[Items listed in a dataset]
* * * * * * *

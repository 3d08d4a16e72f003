//! Whether a head that a seat sees still lives.
ghost use Rattle.std.specs.Prelude.{◌≡◌, ◌<◌, ◌↔◌, Err, IfOk};
ghost use Rattle.atomic_weak.specs.plain_state.Lists.{times};
ghost use Rattle.atomic_weak.specs.core_events.declared.act.Act.TheVariants as act;
ghost use Rattle.atomic_weak.specs.core_events.Steps.{HasRoom};
ghost use Rattle.atomic_weak.specs.core_events.Views.{Holds};
ghost use Rattle.atomic_weak.specs.acquire_retire.Calls.{IsReady};
ghost use Rattle.atomic_weak.specs.control_word.Calls.{FindsEnded, GainsStrong};
ghost use Rattle.atomic_weak.specs.control_word.Moves.{KnowsStill};
ghost use Rattle.atomic_weak.specs.control_word.Resting.{IsAtRest, IsSpent};
ghost use Rattle.atomic_weak.specs.control_word.declared.upgrading.UpgradeError.TheVariants as no_raise;
ghost use Rattle.atomic_weak.specs.domain_rule.Views.{object_in};
ghost use Rattle.record_making.specs.directory_law.Views.{In, note};
ghost use Rattle.record_making.specs.directory_calls.Directories.{CanCount, area_of};
ghost use Rattle.record_making.specs.directory_calls.Learning.{LearnsIn};
ghost use Rattle.record_making.specs.directory_calls.Steps.{AtStep, Leaves, handle_by, with_found};
ghost use Rattle.text_reading.specs.Reading.{HasBegun};
ghost use Rattle.weak_intern.specs.Seeing.{BeginsText, HasSeenIn};
ghost use Rattle.weak_intern.specs.Sighting.{IsSighted, Raises, added, let_go_of, seat_without};
ghost use Rattle.weak_intern.specs.Walking.{raised_by};

use crate::seeing::{Sighted, let_go};
use atomic_weak::{Deed, Domain, Outcome, Protocol, Seat, SlotId, Strong, UpgradeError};
use record_making::{DirectoryLaw, HasDirectory, InPart, UpgradeHead};

/// A strong reference to a head that the seat saw in a cell, which is let go; an intern of the seat
/// is used with it if that is asked. `Spent` comes first, exactly where the seat has no add left.
/// `Ended` where there was no strong reference to it; its add is used all the same. Two steps, or
/// one where it is refused with `Spent`.
pub fn raise<S, P: HasDirectory<S>>(
    domain: &Domain<P>,
    seat: &mut Seat<P>,
    sighted: Sighted,
    intern: bool,
) -> Result<Strong, UpgradeError>
    requires rest { IsAtRest domain.now seat.old }
    requires room { HasRoom seat.old.view.core }
    requires sighted { IsSighted sighted seat.old.view.core }
    requires saw { HasSeenIn P.seen sighted.slot seat.old }
    requires quota { CanCount intern (P.seen seat.old.view.client) }
    ensures spent { (result ≡ Err no_raise.Spent) ↔ IsSpent seat.old.view.core }
    ensures same { IfOk result (λ strong. strong.slot ≡ sighted.slot) }
    ensures live { IfOk result (λ strong. AtStep domain.now (BeginsText
        (area_of (P.part domain.now.protocol)) sighted.slot seat.new) seat.old seat.new) }
    ensures begins { IfOk result (λ strong. HasBegun P.seen sighted.slot seat.new) }
    ensures known { IfOk result (λ strong. object_in seat.new.view sighted.slot
        ≡ object_in seat.old.view sighted.slot) }
    ensures ended { result ≡ Err no_raise.Ended → In
        (note sighted.slot (object_in seat.old.view sighted.slot).life)
        (P.seen seat.new.view.client).ended }
    ensures raises { Raises sighted (added result) seat.old.view.core seat.new.view.core }
    ensures leaves { Leaves (with_found (handle_by result) seat.old.view.core.owned)
        seat.old.view.core.weaks (seat_without sighted seat.old) seat.new }
    ensures learns { LearnsIn P.seen P.with_seen (raised_by intern result)
        seat.old.view.client seat.new.view.client }
    ensures objects { KnowsStill (let_go_of sighted seat.old.view.core) seat.old seat.new }
    ensures room { HasRoom seat.new.view.core }
    ensures rest { IsAtRest domain.now seat.new }
{
    let deed = InPart::<DirectoryLaw, S, UpgradeHead>::new(UpgradeHead { intern });
    let raised = upgrade(domain, seat, sighted.slot, deed);
    let_go(domain, seat, sighted);
    raised
}

/// A strong reference to the object in a slot that the seat holds. `Spent` comes first, exactly
/// where the seat has no add left, and then nothing has changed. `Ended` exactly where the step
/// found the zero flag; its add is used all the same. One step, and one add.
fn upgrade<P: Protocol, D: Deed<P>>(
    domain: &Domain<P>,
    seat: &mut Seat<P>,
    slot: SlotId,
    deed: D,
) -> Result<Strong, UpgradeError>
    requires rest { IsAtRest domain.now seat.old }
    requires holds { Holds seat.old.view.core slot }
    requires deed { IsReady (D.ready deed domain.now.protocol) domain.now.shape (act.Add slot)
        seat.old.view }
    ensures spent { (result ≡ Err no_raise.Spent) ↔ IsSpent seat.old.view.core }
    ensures refused { result ≡ Err no_raise.Spent → seat.new ≡ seat.old }
    ensures upgraded { IfOk result (λ strong. (strong.slot ≡ slot)
        × GainsStrong P.Kind.fits domain.now (D.next deed domain.now.protocol)
        (D.allows deed domain.now.protocol) slot seat.old seat.new) }
    ensures ended { result ≡ Err no_raise.Ended
        → FindsEnded P.Kind.fits domain.now (D.next deed domain.now.protocol)
        (D.allows deed domain.now.protocol) slot seat.old seat.new }
    ensures notes { seat.new.view.core.notes ≡ seat.old.view.core.notes }
    ensures objects { KnowsStill seat.old.view.core seat.old seat.new }
    ensures room { HasRoom seat.old.view.core → HasRoom seat.new.view.core }
    ensures rest { IsAtRest domain.now seat.new }
{
    if domain.adds_left(seat) == 0 {
        return Err(UpgradeError::Spent);
    }
    if let Outcome::Up = domain.add(seat, slot, deed) {
        return Ok(Strong::of(slot));
    }
    Err(UpgradeError::Ended)
}
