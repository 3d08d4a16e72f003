//! Tickets, which give a seat interns.
ghost use Rattle.std.specs.Prelude.{ℕ, ◌≡◌, ◌↔◌, IfOk, IsErr, OnErr};
ghost use Rattle.atomic_weak.specs.plain_state.declared.act.PlainAct.TheVariants as plain;
ghost use Rattle.atomic_weak.specs.plain_protocol.Owns.{OwnPart};
ghost use Rattle.atomic_weak.specs.core_events.declared.outcome.Outcome.TheVariants as outcome;
ghost use Rattle.atomic_weak.specs.core_events.Steps.{HasRoom};
ghost use Rattle.atomic_weak.specs.control_word.Resting.{IsAtRest, IsSpent};
ghost use Rattle.record_making.specs.directory_calls.Directories.{area_of};
ghost use Rattle.weak_intern.specs.Drawing.{Draws};

use atomic_weak::{Domain, Outcome, Seat, Spent};
use record_making::{DirectoryLaw, DrawTicket, HasDirectory, InPart};

/// Draws the next ticket, and answers its number: from then on the seat has the interns that the
/// directory gives with it. `Spent` exactly where the seat has no add left, and then nothing has
/// changed. One step.
pub fn draw<S, P: HasDirectory<S>>(domain: &Domain<P>, seat: &mut Seat<P>) -> Result<u64, Spent>
    requires rest { IsAtRest domain.now seat.old }
    requires free { (own : OwnPart) → P.free domain.now.protocol own plain.Ticket }
    ensures spent { IsErr result ↔ IsSpent seat.old.view.core }
    ensures refused { OnErr result (seat.new ≡ seat.old) }
    ensures draws { IfOk result (λ ticket. Draws P.seen P.with_seen
        (area_of (P.part domain.now.protocol)) ticket seat.old seat.new) }
    ensures room { HasRoom seat.old.view.core → HasRoom seat.new.view.core }
    ensures rest { IsAtRest domain.now seat.new }
{
    if domain.adds_left(seat) == 0 {
        return Err(Spent);
    }
    let deed = InPart::<DirectoryLaw, S, DrawTicket>::new(DrawTicket);
    Ok(number_of(domain.ticket(seat, deed)))
}

/// The number that a step answered.
fn number_of(answer: Outcome) -> u64
    ensures { (number : ℕ) → answer ≡ outcome.Number number → result ≡ number }
{
    match answer {
        Outcome::Number(number) => number,
        _ => 0,
    }
}
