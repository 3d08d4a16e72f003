//! The live record of a text.
ghost use Rattle.std.specs.Prelude.{◌+◌, ◌≤◌, IfOk, IfSome, IsErr, length, take};
ghost use Rattle.atomic_weak.specs.core_events.Steps.{HasRoom};
ghost use Rattle.atomic_weak.specs.Places.{named};
ghost use Rattle.atomic_weak.specs.control_word.Resting.{IsAtRest, IsSpent};
ghost use Rattle.record_making.specs.directory_calls.Directories.{HasQuota, IsOver, area_of};
ghost use Rattle.record_making.specs.directory_calls.Learning.{LearnsIn};
ghost use Rattle.record_making.specs.directory_calls.Steps.{Leaves, with_found};
ghost use Rattle.record_making.specs.Texts.{payload_of};
ghost use Rattle.text_reading.specs.Reading.{HasTwoFree};
ghost use Rattle.weak_intern.specs.Costs.{TakesBy};
ghost use Rattle.weak_intern.specs.Knowing.{KnowsRecord};
ghost use Rattle.weak_intern.specs.Sought.{HasPieces};
ghost use Rattle.weak_intern.specs.Walking.{Finds, found_by};

use crate::sought::Sought;
use crate::walking::{Walk, seek};
use atomic_weak::{Domain, Seat, Spent, Strong};
use record_making::{Directory, HasDirectory, hash_of, head_of};
use std::sync::Wait;

/// A strong reference to the live record of a text of 1 to 4,096 bytes, or None where it had none
/// at a step of the call. `Spent` where the seat has no add left, and comes to a head that has the
/// payload of the text's; then at its entry it had at most one left for each cell. It looks at each
/// cell at most once, and at one of them a last time: at most four steps for each try to load, 18
/// more for each cell, and one; of a long text some 700 more for each cell whose head is the text's.
/// A text of at most 120 bytes is found for one add, and one more for each record with its payload
/// that had ended.
pub fn find<R: Wait, S, P: HasDirectory<S>>(
    rt: &R,
    domain: &Domain<P>,
    seat: &mut Seat<P>,
    directory: &Directory,
    text: &[u8],
) -> Result<Option<Strong>, Spent>
    requires rest { IsAtRest domain.now seat.old }
    requires room { HasRoom seat.old.view.core }
    requires over { IsOver domain.now (P.part domain.now.protocol) directory.now }
    requires quota { HasQuota (P.seen seat.old.view.client) }
    requires text { (1 ≤ length text.now) × (length text.now ≤ 4096) }
    requires free { HasTwoFree seat.old.view.core }
    requires pieces { HasPieces P.Kind.fits }
    ensures finds { IfOk result (λ found. Finds domain.now (area_of (P.part domain.now.protocol))
        text.now (named found) seat.old seat.new) }
    ensures knows { IfOk result (λ found. IfSome found (λ strong.
        KnowsRecord P.seen text.now strong.slot seat.new)) }
    ensures takes { length text.now ≤ 120 → IfOk result (λ found. IfSome found (λ strong.
        TakesBy (payload_of (length text.now) (take 120 text.now)) strong.slot
        seat.old.view.core seat.new.view.core)) }
    ensures spent { IsErr result → IsSpent seat.new.view.core }
    ensures short { IsErr result → seat.old.view.core.quota.adds
        ≤ seat.old.view.core.adds + directory.now.cells }
    ensures leaves { Leaves (with_found (found_by result) seat.old.view.core.owned)
        seat.old.view.core.weaks seat.old seat.new }
    ensures learns { LearnsIn P.seen P.with_seen 0 seat.old.view.client seat.new.view.client }
    ensures room { HasRoom seat.new.view.core }
    ensures rest { IsAtRest domain.now seat.new }
{
    let sought = Sought {
        text,
        head: head_of(text),
        hash: hash_of(text),
    };
    match seek::<R, S, P>(rt, domain, seat, directory, &sought, false)? {
        Walk::Record(strong) => Ok(Some(strong)),
        Walk::Absent(_) => Ok(None),
    }
}
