//! What a seat sees in one cell of a directory.
ghost use Rattle.std.specs.Prelude.{◌≡◌, ◌≢◌, ◌<◌, ◌+◌, ◌∷◌, [], ◌++◌, None};
ghost use Rattle.atomic_weak.specs.core_events.declared.act.Act.TheVariants as act;
ghost use Rattle.atomic_weak.specs.core_events.declared.outcome.Outcome.TheVariants as outcome;
ghost use Rattle.atomic_weak.specs.core_events.Steps.{HasRoom};
ghost use Rattle.atomic_weak.specs.acquire_retire.Collecting.{move};
ghost use Rattle.atomic_weak.specs.acquire_retire.Notes.{least_free};
ghost use Rattle.atomic_weak.specs.control_word.Moves.{KnowsStill};
ghost use Rattle.atomic_weak.specs.control_word.Resting.{IsAtRest};
ghost use Rattle.record_making.specs.directory_calls.Directories.{IsOver, area_of};
ghost use Rattle.record_making.specs.directory_calls.Learning.{LearnsIn};
ghost use Rattle.weak_intern.specs.Seeing.{Sees};
ghost use Rattle.weak_intern.specs.Sighting.{IsSighted, SightsBy, let_go_of, sighted_in};

use atomic_weak::{Domain, EventPlace, Protocol, Seat, SlotId, acquire_at_last};
use record_making::{Directory, DirectoryLaw, HasDirectory, InPart, SeeHead};
use std::sync::Wait;

/// A head that a cell held, and the seat's announcement word that keeps its slot from another use,
/// until it is raised or let go.
#[derive(Debug, Drop)]
pub struct Sighted {
    pub slot: SlotId,
    pub word: u32,
}

/// The head that a cell of the range holds, announced by the least of the words 1 to 3 that stands
/// for nothing; or None where the cell is null. It counts nothing. At most four steps for each try.
pub fn see<R: Wait, S, P: HasDirectory<S>>(
    rt: &R,
    domain: &Domain<P>,
    seat: &mut Seat<P>,
    directory: &Directory,
    cell: u32,
) -> Option<Sighted>
    requires rest { IsAtRest domain.now seat.old }
    requires room { HasRoom seat.old.view.core }
    requires over { IsOver domain.now (P.part domain.now.protocol) directory.now }
    requires inside { cell < directory.now.cells }
    requires free { least_free seat.old.view.core ≢ None }
    ensures sees { Sees P.seen domain.now (area_of (P.part domain.now.protocol)) cell
        (sighted_in result) seat.old seat.new }
    ensures sights { SightsBy ((P.part domain.now.protocol).first + cell) result
        seat.old.view.core seat.new.view.core }
    ensures learns { LearnsIn P.seen P.with_seen 0 seat.old.view.client seat.new.view.client }
    ensures objects { KnowsStill seat.old.view.core seat.old seat.new }
    ensures room { HasRoom seat.new.view.core }
    ensures rest { IsAtRest domain.now seat.new }
{
    let Some(word) = domain.free_note(seat) else {
        unreachable!()
    };
    let at = number::<S, P>(domain, directory, cell);
    let deed = InPart::<DirectoryLaw, S, SeeHead>::new(SeeHead);
    match acquire_at_last(rt, domain, seat, word, EventPlace::WeakCell(at), deed) {
        Some(slot) => Some(Sighted { slot, word }),
        None => None,
    }
}

/// A head is let go: the word that announced it stands for nothing again. One step.
pub fn let_go<P: Protocol>(domain: &Domain<P>, seat: &mut Seat<P>, sighted: Sighted)
    requires rest { IsAtRest domain.now seat.old }
    requires sighted { IsSighted sighted seat.old.view.core }
    ensures core { seat.new.view.core ≡ record (let_go_of sighted seat.old.view.core) {
      trail = seat.old.view.core.trail ++ move (act.Release sighted.word) outcome.Plain ∷ [];
    } }
    ensures client { seat.new.view.client ≡ seat.old.view.client }
    ensures objects { KnowsStill (let_go_of sighted seat.old.view.core) seat.old seat.new }
    ensures room { HasRoom seat.old.view.core → HasRoom seat.new.view.core }
    ensures rest { IsAtRest domain.now seat.new }
{
    domain.release(seat, sighted.word);
}

/// Which weak cell of the domain a cell of the range is.
pub(crate) fn number<S, P: HasDirectory<S>>(
    domain: &Domain<P>,
    directory: &Directory,
    cell: u32,
) -> u32
    requires over { IsOver domain.now (P.part domain.now.protocol) directory.now }
    requires inside { cell < directory.now.cells }
    ensures is { result ≡ (P.part domain.now.protocol).first + cell }
    ensures there { result < domain.now.shape.weak_cells }
{
    // A domain has so few weak cells that the sum fits.
    let _most = domain.shape().weak_cells;
    directory.first + cell
}
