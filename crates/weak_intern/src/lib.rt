//! Texts that share one record as long as somebody uses it: how a seat finds the record of a text
//! in the weak cells of a directory, and makes it where the text has none.
//!
//! The rule that it keeps is the law of `directory_law`, by the deeds of `directory_protocol`. The
//! walk of a text begins at a cell that its bytes tell, and goes on around the end. At each cell a
//! seat announces the head that stands there, checks that it stands there still, and compares its
//! payload with that of the text under the announcement. Only where they are the same does it take
//! a strong reference, so no walk counts a weak one, and a text of at most 120 bytes is found for
//! one add. Of a longer text it reads the rest under that reference, by `text_reading`, and gives it
//! up where the bytes differ. What it learns it notes in its view, as the law asks, so what the walk
//! found stays true. An intern goes on where the walk comes to null: it makes a record, by
//! `record_making`, and puts it there by a compare and exchange.
//!
//! All calls are over each protocol that has a directory as a part, and change nothing else of the
//! seat's view.
//!
//! It isn't promised that a call which may wait returns.
//!
//! ```text
//! let directory = Directory::over(0, 10);                              // weak cells 0 to 9
//! match find(&rt, &domain, &mut seat, &directory, b"ab")? {      // else Spent
//!     Some(record) => ..,                                              // its live record at a step of the call
//!     None => ..,                                                      // it had none at a step of the call
//! }
//! let record = intern(&rt, &domain, &mut seat, &directory, b"ab")?;    // or MakesSpent, AddsSpent, Full
//! let cell = cell_on(hash_of(b"ab"), 0, 10);                           // cell 5, at which that walk begins
//! ```
#![tactic(auto)]

mod binding;
mod comparing;
mod confirming;
mod drawing;
mod finding;
mod interning;
mod looking;
mod raising;
mod seeing;
mod sought;
mod walking;

pub use atomic_weak::{
    LostWeak, WeakSnap, WeakSnapshot, copy_strong, drop_strong, end_weak, load_weak, store_weak,
    try_load_weak, try_replace_weak, try_weak_snapshot, weak_counted,
};
pub use comparing::is_payload;
pub use drawing::draw;
pub use finding::find;
pub use interning::intern;
pub use raising::raise;
pub use record_making::{
    Directory, DirectoryLaw, ForgetEnded, HasDirectory, Lost, MakeError, RecordKind, cell_on,
    hash_of, head_of, load, part_at, store, try_load, try_replace,
};
pub use seeing::{Sighted, let_go, see};
pub use text_reading::{
    Snapshot, counted, end, keep, pairs_have_pieces, read_text, snapshot, try_snapshot,
};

* * * * * * *

Each line from the one with "does it take" through the last line of the records must be written out word for word. Include nothing else.

REPLY TO THE EXERCISE:
//! payload with that of the text under the announcement. Only where they are the same does it take
//! a strong reference, so no walk counts a weak one, and a text of at most 120 bytes is found for
//! one add. Of a longer text it reads the rest under that reference, by `text_reading`, and gives it
//! up where the bytes differ. What it learns it notes in its view, as the law asks, so what the walk
//! found stays true. An intern goes on where the walk comes to null: it makes a record, by
//! `record_making`, and puts it there by a compare and exchange.
//!
//! All calls are over each protocol that has a directory as a part, and change nothing else of the
//! seat's view.
//!
//! It isn't promised that a call which may wait returns.
//!
//! ```text
//! let directory = Directory::over(0, 10);                              // weak cells 0 to 9
//! match find(&rt, &domain, &mut seat, &directory, b"ab")? {      // else Spent
//!     Some(record) => ..,                                              // its live record at a step of the call
//!     None => ..,                                                      // it had none at a step of the call
//! }
//! let record = intern(&rt, &domain, &mut seat, &directory, b"ab")?;    // or MakesSpent, AddsSpent, Full
//! let cell = cell_on(hash_of(b"ab"), 0, 10);                           // cell 5, at which that walk begins
//! ```
#![tactic(auto)]

mod binding;
mod comparing;
mod confirming;
mod drawing;
mod finding;
mod interning;
mod looking;
mod raising;
mod seeing;
mod sought;
mod walking;

pub use atomic_weak::{
    LostWeak, WeakSnap, WeakSnapshot, copy_strong, drop_strong, end_weak, load_weak, store_weak,
    try_load_weak, try_replace_weak, try_weak_snapshot, weak_counted,
};
pub use comparing::is_payload;
pub use drawing::draw;
pub use finding::find;
pub use interning::intern;
pub use raising::raise;
pub use record_making::{
    Directory, DirectoryLaw, ForgetEnded, HasDirectory, Lost, MakeError, RecordKind, cell_on,
    hash_of, head_of, load, part_at, store, try_load, try_replace,
};
pub use seeing::{Sighted, let_go, see};
pub use text_reading::{
    Snapshot, counted, end, keep, pairs_have_pieces, read_text, snapshot, try_snapshot,
};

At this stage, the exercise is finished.